Brian Joo (Korean name: Joo Min-gyu (); born January 10, 1981), better known professionally as Brian (), is a Korean American singer and one-half of the R&B duo Fly to the Sky. His first solo album, The Brian was released in December 2006. His second solo album, Manifold was released in December 2009.

Early life and education 
Brian Joo was born on January 10, 1981, in Los Angeles, California to Korean immigrant parents. His original Korean name was Joo Jin-taek (), but his father changed it to Joo Min-gyu () when he was three years old. Joo grew up in New Jersey and spoke Korean at home. His parents worked at casinos in Atlantic City and his brother, Jason Joo, is an officer in the U.S. Navy.

While attending Holy Spirit High School, a friend signed him up for an audition with Brothers Entertainment without Joo's knowledge. The company has discovered several Korean-Americans who wish to pursue an entertainment career in South Korea. After several months of training, he was sent to SM Entertainment in South Korea, and on December 9, 1999, made his debut as one of the two members of Fly to the Sky, along with Hwanhee, at the age of 17.

Joo was accepted to Rutgers University, but did not end up attending due to the demands of his music career. He later enrolled in Dongguk University, where he graduated from the Department of Theatre and Film.

Fly to the Sky 

Joo is a member of Fly to the Sky with Hwanhee, Brian sang and also rapped. As Fly to the Sky made its musical transition from bubblegum pop to heavy R&B, Joo felt discontent and inferior, and felt that Hwanhee was more appreciated for his vocal skills.

Joo has appeared on television many times. Since 2005, he has appeared on a number of variety shows, including hosting MBC's Music Core in 2006 and becoming a host for SBS' Green Gold in 2009.

In August 2009, Fly to the Sky decided to work on separate projects and have become solo singers under different labels.
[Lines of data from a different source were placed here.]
//! The errors of calls that allocate. By `?` they become an `io::Error` of the kind `OutOfMemory`
//! or an `AllocError`, which drops the key and the value of a refused insertion.
ghost use Rattle.std.specs.Prelude.{◌≡◌};
ghost use Rattle.std.specs.IoError.{error_kind};
ghost use Rattle.std.specs.declared.io.ErrorKind.TheVariants.{OutOfMemory};

use std::alloc::AllocError;
use std::error::Error;
use std::io::ErrorKind;
use std::{fmt, io};

/// The error of a refused insertion: its key and value.
///
/// # Examples
///
/// ```rust
/// let mut map = LinkedHashMap::new(rt.alloc());
/// if let Err(refused) = map.insert('x', 1) {
///     assert_eq!(rt; (refused.key, refused.value), ('x', 1));
///     assert!(rt; map.is_empty());
/// }
/// ```
#[derive(Debug, PartialEq, Drop)]
pub struct Refused<K, V> {
    /// The given key.
    pub key: K,
    /// The given value, or the one made for the key.
    pub value: V,
}

/// The error of a call that reserves capacity.
///
/// # Examples
///
/// ```rust
/// use linked_hash_map::{LIMIT, LinkedHashMap, ReserveError};
///
/// let mut map: LinkedHashMap<char, u64> = LinkedHashMap::new(rt.alloc());
/// assert_eq!(rt; map.reserve(LIMIT + 1), Err(ReserveError::TooLarge));
/// assert_eq!(rt; map.reserve(LIMIT), Err(ReserveError::NoRoom));
/// assert_eq!(rt; map.capacity(), 0);
/// ```
#[derive(Debug, PartialEq, Drop)]
pub enum ReserveError {
    /// The capacity would be above [`LIMIT`](crate::LIMIT).
    TooLarge = 1,
    /// An allocation failed.
    NoRoom = 2,
}

/// The error of `shrink_to_fit` and `sort_by_cached_key`: an allocation failed.
///
/// # Examples
///
/// ```rust
/// use linked_hash_map::NoRoom;
///
/// let mut map = LinkedHashMap::new(rt.alloc());
/// map.insert('x', 1)?;
/// map.reserve(4)?;
/// let shrunk: Result<(), NoRoom> = map.shrink_to_fit();
/// assert_eq!(rt; shrunk, Ok(()));
/// ```
#[derive(Debug, PartialEq, Drop)]
pub struct NoRoom;

impl<K, V> fmt::Display for Refused<K, V> {
    fn fmt<W: fmt::Write>(&self, f: &mut fmt::Formatter<W>) -> fmt::Result {
        f.write_str("no memory for another pair")
    }
}

impl fmt::Display for ReserveError {
    fn fmt<W: fmt::Write>(&self, f: &mut fmt::Formatter<W>) -> fmt::Result {
        f.write_str(match self {
            ReserveError::TooLarge => "the capacity would be above the limit",
            ReserveError::NoRoom => "no memory for the capacity",
        })
    }
}

impl fmt::Display for NoRoom {
    fn fmt<W: fmt::Write>(&self, f: &mut fmt::Formatter<W>) -> fmt::Result {
        f.write_str("no memory for the call")
    }
}

impl<K: fmt::Debug + Drop, V: fmt::Debug + Drop> Error for Refused<K, V> {}

impl Error for ReserveError {}

impl Error for NoRoom {}

impl<K: Drop, V: Drop> From<Refused<K, V>> for io::Error {
    ghost from_gives = { λ _ e. error_kind e ≡ OutOfMemory };

    fn from(_refused: Refused<K, V>) -> io::Error {
        io::Error::from(ErrorKind::OutOfMemory)
    }
}

impl From<ReserveError> for io::Error {
    ghost from_gives = { λ _ e. error_kind e ≡ OutOfMemory };

    fn from(_error: ReserveError) -> io::Error {
        io::Error::from(ErrorKind::OutOfMemory)
    }
}

impl From<NoRoom> for io::Error {
    ghost from_gives = { λ _ e. error_kind e ≡ OutOfMemory };

    fn from(_error: NoRoom) -> io::Error {
        io::Error::from(ErrorKind::OutOfMemory)
    }
}

impl<K: Drop, V: Drop> From<Refused<K, V>> for AllocError {
    fn from(_refused: Refused<K, V>) -> AllocError {
        AllocError
    }
}

impl From<ReserveError> for AllocError {
    fn from(_error: ReserveError) -> AllocError {
        AllocError
    }
}

impl From<NoRoom> for AllocError {
    fn from(_error: NoRoom) -> AllocError {
        AllocError
    }
}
On April 14, 2014, Brian Joo announced on his Twitter that Fly to the Sky will be making their comeback in May. The band later signed up with H2 Media, the agency of member Hwanhee.  Their 9th new album "Continiuum" has been released and the main title track is "You You You". The single peaked at number one on Gaon digital chart.

Although being on hiatus for five years, Hwanhee and Brian expressed their good teamwork and solid friendship in an interview, telling "There were rumors about us being gay and liking men, but it's not like that. We're that close so people feel that way about us".

Solo career

2006-2008: Show! Music Core and solo debut with The Brian 
In May 2006, Joo became a co-host of Show! Music Core alongside actress Jang Mi-inae. Later that year, he won the Popularity Award at the 2006 MBC Entertainment Awards for his work on the show.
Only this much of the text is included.